The calmodulin protein is highly conserved across vertebrae species, meaning that it doesn't take much to make it dysfunctional. We do not know whether the children all have this mutation, but it is hardly statistically impossible for them to do so, about 1 in 16. The reason that this gene is previously unknown may well be that it is almost always fatal in children, that is, natural selection prevents people having the mutation from living long enough to have children.

This begs the question of why Ms. Folbigg, who has the mutation, has survived long enough to have children. A possible answer to my thinking, is the realization that proteins do not function in an isolated environment. They interact with one another strongly, often in a long chain of events. Although arginine is a coded amino acid, it is often post translationally converted to the lysine analogue ornithine via deguanidation while incorporated in the protein.

To satisfy myself that this is entirely possible I entered the following search terms into Google Scholar:

ornithine, arginine, post translational, calmodulin, heart (2,480 hits)

...and, in another search...

ornithine aminotransferase "heart disease" (2,280 hits).

It's entirely possible in my mind that Ms. Folbigg may have had another protein that her children lacked, which served to act on the specific arginine in the G114R mutation (or perhaps another region of the calmodulin protein) making it more functional.

If it is found that the tissues of the children all show the G114R mutation, this woman should be released in my view, and the courts should apologize to her.
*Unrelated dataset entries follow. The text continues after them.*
// What a line says.

// A field: its part of the caller's line, the place where that begins, and what it says.
#[derive(Clone, Copy, Debug, PartialEq, Eq)]
pub struct Field<'a, T> {
    pub text: &'a [u8],
    pub place: usize,
    pub value: T,
}

#[derive(Clone, Copy, Debug, PartialEq, Eq)]
pub enum ActionKind {
    Logical,
    Physical,
}

#[derive(Clone, Copy, Debug, PartialEq, Eq)]
pub enum ConnectionKind {
    Undelayed,
    Delayed,
}

#[derive(Clone, Copy, Debug, PartialEq, Eq)]
pub enum TriggerKind {
    Input,
    Timer,
    Action,
    // reads an input without being triggered by it
    ReadInput,
}

#[derive(Clone, Copy, Debug, PartialEq, Eq)]
pub enum Opcode {
    End,
    Put,
    Add,
    Subtract,
    Read,
    Present,
    JumpIfZero,
    JumpIfLess,
    Set,
    Schedule,
}

#[derive(Clone, Copy, Debug, PartialEq, Eq)]
pub enum ReadingClass {
    Absent,
    AtMostZero,
    AboveZero,
}

#[derive(Clone, Copy, Debug, PartialEq, Eq)]
pub enum PickerKind {
    Level,
    Turn,
}

#[derive(Clone, Copy, Debug, PartialEq, Eq)]
pub enum QueueKind {
    Heap,
    List,
}

#[derive(Clone, Copy, Debug, PartialEq, Eq)]
pub enum Record<'a> {
    Reactor,
    Input {
        reactor: Field<'a, u64>,
    },
    Output {
        reactor: Field<'a, u64>,
    },
    Timer {
        reactor: Field<'a, u64>,
        first: Field<'a, u64>,
        period: Field<'a, u64>,
    },
    Action {
        reactor: Field<'a, u64>,
        kind: Field<'a, ActionKind>,
        delay: Field<'a, u64>,
    },
    Connection {
        output: Field<'a, u64>,
        input: Field<'a, u64>,
        kind: Field<'a, ConnectionKind>,
        delay: Field<'a, u64>,
    },
    Reaction {
        reactor: Field<'a, u64>,
        body: Field<'a, u64>,
    },
    Trigger {
        reaction: Field<'a, u64>,
        kind: Field<'a, TriggerKind>,
        source: Field<'a, u64>,
    },
    Write {
        reaction: Field<'a, u64>,
        output: Field<'a, u64>,
    },
    Schedule {
        reaction: Field<'a, u64>,
        action: Field<'a, u64>,
    },
    Stop {
        time: Field<'a, u64>,
    },
    Bytecode,
    Instruction {
        opcode: Field<'a, Opcode>,
        first: Field<'a, u64>,
        second: Field<'a, u64>,
        operand: Field<'a, i32>,
    },
    Table,
    Row {
        state: Field<'a, i32>,
        class: Field<'a, ReadingClass>,
        next: Field<'a, i32>,
        target: Field<'a, u64>,
        value: Field<'a, i32>,
    },
    Start {
        capacity: Field<'a, u64>,
        picker: Field<'a, PickerKind>,
        queue: Field<'a, QueueKind>,
    },
    Offer {
        action: Field<'a, u64>,
        arrival: Field<'a, u64>,
        value: Field<'a, i32>,
    },
    Advance {
        reading: Field<'a, u64>,
        tags: Field<'a, u64>,
    },
}
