// Numbers in a line, read from the front of a slice.
ghost use Rattle.std.specs.Prelude.{◌≡◌, ◌↔◌, pos, IsTrue, MatchOption};
ghost use Rattle.std.specs.Str.Parse.{AllDigits, digits_value};
ghost use Rattle.lines.specs.Numbers.{NumberText};
ghost use Rattle.lines.specs.Steps.{Run, NumberAt, NoNatural, NoInteger};

const MOST_DIGITS: usize = 19;

// How many digits stand at the front.
fn digits_in_front(text: &[u8]) -> usize
    ensures { Run text.now result }
{
    text.iter()
        .position(|byte| !byte.is_ascii_digit())
        .unwrap_or(text.len())
}

// Whether digits are the text of a number: 1 to 19, the first of several no zero.
fn is_number(digits: &[u8]) -> bool
    requires { AllDigits 10 digits.now }
    ensures { IsTrue result ↔ NumberText digits.now }
{
    (1..=MOST_DIGITS).contains(&digits.len()) && (digits.len() == 1 || digits[0] != b'0')
}

// The number that some digits write; in a `fold` the sum has no bound that is proved, and `parse` wants a text first.
#[tactic(auto, using(crate::proofs::Digits::step))]
fn number_of(digits: &[u8]) -> u64
    requires { NumberText digits.now }
    ensures { result ≡ digits_value 10 digits.now }
{
    let mut n: u64 = 0;
    for d in digits {
        n = n * 10 + u64::from(*d - b'0');
    }
    n
}

// A number, and how many bytes it takes.
#[derive(Clone, Copy)]
pub(crate) struct Numeral<T> {
    pub(crate) value: T,
    pub(crate) len: usize,
}

// The number in front, which ends where the digits end.
#[tactic(auto, using(crate::proofs::Digits::natural_none))]
fn natural_in_front(text: &[u8]) -> Option<Numeral<u64>>
    ensures { MatchOption result (NoNatural text.now) (λ n. NumberAt text.now (pos n.value) n.len) }
{
    let digits = &text[..digits_in_front(text)];
    if !is_number(digits) {
        return None;
    }
    Some(Numeral {
        value: number_of(digits),
        len: digits.len(),
    })
}

// The number in front with its sign; there is no `-0`.
#[inline(always)]
pub(crate) fn integer_in_front(text: &[u8]) -> Option<Numeral<i128>>
    ensures { MatchOption result (NoInteger text.now) (λ n. NumberAt text.now n.value n.len) }
{
    match text {
        [b'-', rest @ ..] => {
            let Numeral { value, len } = natural_in_front(rest)?;
            if value == 0 {
                return None;
            }
            Some(Numeral {
                value: -i128::from(value),
                len: len + 1,
            })
        }
        _ => natural_in_front(text).map(|Numeral { value, len }| Numeral {
            value: i128::from(value),
            len,
        }),
    }
}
I note that highly qualified scientists, vastly more knowledgeable than I am, have taken up her cause.

By the way, her former husband is a piece of shit for not offering up his genome for review. Perhaps he's "concerned" he'll look bad for vilifying his wife if she is innocent.
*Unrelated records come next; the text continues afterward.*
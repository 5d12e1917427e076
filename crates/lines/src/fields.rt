// The fields of a line: each after one space, then a line feed.
ghost use Rattle.std.specs.Prelude.{◌≡◌, ◌≤◌, length, drop, MatchOption, MatchResult, IsTrue, ◌↔◌};
ghost use Rattle.lines.specs.Fields.{Within, Each};
ghost use Rattle.lines.specs.Steps.{Row, NoRow, InRanges, NotInRanges, listed, numbers};

use crate::cursor::{Cursor, Token};
use crate::kind::Kind;
use refusals::Refusal;

// How many letters a mark has.
const LETTERS: usize = 2;

// The fields of these kinds after a line's mark, where nothing else follows.
fn tokens<const N: usize>(line: &[u8], kinds: &[Kind; N]) -> Option<[Token; N]>
    requires { 2 ≤ length line.now }
    ensures { MatchOption result (NoRow (drop 2 line.now) kinds.now) (Row line.now 2 kinds.now) }
{
    let mut cursor = Cursor {
        line,
        place: LETTERS,
    };
    // `array::try_from_fn` does not promise what was made before its error, so a loop fills the array.
    let none = Token {
        place: 0,
        len: 0,
        number: 0,
    };
    let mut found = [none; N];
    for (i, kind) in kinds.iter().enumerate() {
        found[i] = cursor.next(*kind)?;
    }
    (cursor.rest() == b"\n".as_slice()).then_some(found)
}

fn all_within(kinds: &[Kind], tokens: &[Token]) -> bool
    requires { length kinds.now ≡ length tokens.now }
    ensures { IsTrue result ↔ Each Within kinds.now (numbers tokens.now) }
{
    kinds
        .iter()
        .zip(tokens)
        .all(|(kind, token)| kind.takes(token.number))
}

// The same, with their numbers in range.
pub(crate) fn fields<const N: usize>(line: &[u8], kinds: &[Kind; N]) -> Result<[Token; N], Refusal>
    requires { 2 ≤ length line.now }
    ensures { MatchResult result (λ ts. InRanges line.now kinds.now (listed N ts)) (NotInRanges line.now kinds.now) }
{
    let Some(tokens) = tokens(line, kinds) else {
        return Err(Refusal::Malformed);
    };
    if !all_within(kinds, &tokens) {
        return Err(Refusal::OutOfRange);
    }
    Ok(tokens)
}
I suspect that Ms Folbigg's biggest crime was having more children after losing the first two. I don't know anything at all about her relationship to her husband, but it strikes me that something was rotten in that marriage.

A piece of circumstantial evidence used against her in her original trial was that she kept a diary noting how difficult it was to deal with the children's crying. I can sympathize. My oldest son had colic, and really didn't stop crying for long periods, until he was about 9 months old. If I or my wife had kept a diary, as Ms. Folbigg did, I'm sure it would have included complaints, perhaps some bitter, which is not to say we didn't love our son; he's 28 now and is a treasured member of our family of whom we are very proud. I note that he had a somatic mutation that led to certain facial difference that was only partially treatable; it never went away fully. It's still there. Fortunately the mutation was not fatal (although in some embryos it is, depending on the timing of when the mutation occurs.)

We were often approached by rude people when he was a baby who wanted to know "what we did" to "cause" that.

Of course I wanted to scream at these people and tell them to go fuck themselves, but I restrained myself, because I did not want my son to live with his gene derived "difference" as a source of stress and anger. I simply said, "we don't know the cause," which was true at the time, although I recently discovered a paper that explained the cause fully.

A pernicious interaction between genes and justice is not a new case. In fact, right up to the current day, injustice has been connected with a single nucleotide polymorphism that a subclass of human beings lack, having failed to become mutants. The mutants thus decided to treat the non-mutants with extreme injustice, a criminal enterprise that persists to this day.

This mutation is described here: Anthony L. Cook, Wei Chen, Amy E. Thurber, Darren J. Smit, Aaron G. Smith, Timothy G. Bladen, Darren L. Brown, David L. Duffy, Lorenza Pastorino, Giovanna Bianchi-Scarra, J. Helen Leonard, Jennifer L. Stow, Richard A. Sturm,
Analysis of Cultured Human Melanocytes Based on Polymorphisms within the SLC45A2/MATP, SLC24A5/NCKX5, and OCA2/P Loci, Journal of Investigative Dermatology, Volume 129, Issue 2, 2009, Pages 392-405.